> _Task directions_: For every line in the data below that contains "Page", copy the line.

◇ ◇ ◇ ◇ ◇ ◇ ◇

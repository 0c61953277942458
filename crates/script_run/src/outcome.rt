//! What a script comes to, where nothing is printed.
ghost use Rattle.std.specs.Prelude.{◌≡◌, ◌<◌, ◌≤◌, ◌++◌, [], length, IfOk, OnOk, OnErr};
ghost use Rattle.tact_base.specs.declared.limits.TheConstants.{SCRIPT_LINES};
ghost use Rattle.run_model.specs.ScriptRuns.{history_of, show_text};
ghost use Rattle.script_text.specs.Scripts.{IsScript};
ghost use Rattle.script_text.specs.Setups.{setup_of};

use crate::comments::show;
use crate::page::Page;
use crate::stage::{Stage, step_all};
use crate::witness::Witness;
use script_text::Script;
use std::alloc::Global;
use std::marker::Model;
use tact_base::{Bytes, NoMemory};

/// What the replicas of a script have come to, once all its lines are done. Contracts see the setup and the history that
/// the lines tell, of which it holds no entry.
#[derive(Drop)]
pub struct Outcome {
    stage: Stage,
}

impl Model for Outcome {
    ghost use Rattle.script_run.specs.Stages.{Ended, Keeps};

    ghost Value = { Ended };

    ghost view = { λ o. record { setup = o.stage.set.setup; history = o.stage.history.items } };

    ghost invariant = { λ o. Keeps o.stage };
}

impl Outcome {
    /// Does what the lines of a script say, and prints nothing. A witness that wasn't told of any entry is told of each.
    pub fn of<W: Witness>(
        alloc: Global,
        script: &Script,
        witness: &mut W,
    ) -> Result<Outcome, NoMemory>
        requires script { IsScript script.now }
        requires few { length script.now ≤ SCRIPT_LINES }
        requires saw { W.saw witness.old [] }
        ensures setup { IfOk result (λ outcome. outcome.setup ≡ setup_of script.now) }
        ensures history { IfOk result (λ outcome. outcome.history ≡ history_of (setup_of script.now) script.now) }
        ensures saw { OnOk result (W.saw witness.new (history_of (setup_of script.now) script.now)) }
    {
        let mut stage = Stage::new(alloc, script.config(), false)?;
        let mut scratch = Page::with(Bytes::new(alloc));
        step_all(&mut stage, script.lines(), witness, &mut scratch)?;
        Ok(Outcome { stage })
    }

    /// Appends the comment that shows a replica, with its line feed. `NoMemory` leaves `out` as it was.
    pub fn show(&self, replica: u32, out: &mut Bytes) -> Result<(), NoMemory>
        requires { replica < self.now.setup.replicas }
        ensures ok { OnOk result (out.new ≡ out.old ++ show_text self.now.setup self.now.history replica) }
        ensures err { OnErr result (out.new ≡ out.old) }
    {
        self.stage.show(replica, out)
    }
}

◇ ◇ ◇ ◇ ◇ ◇ ◇

> _Problem solution_:
use crate::page::Page;
        let mut scratch = Page::with(Bytes::new(alloc));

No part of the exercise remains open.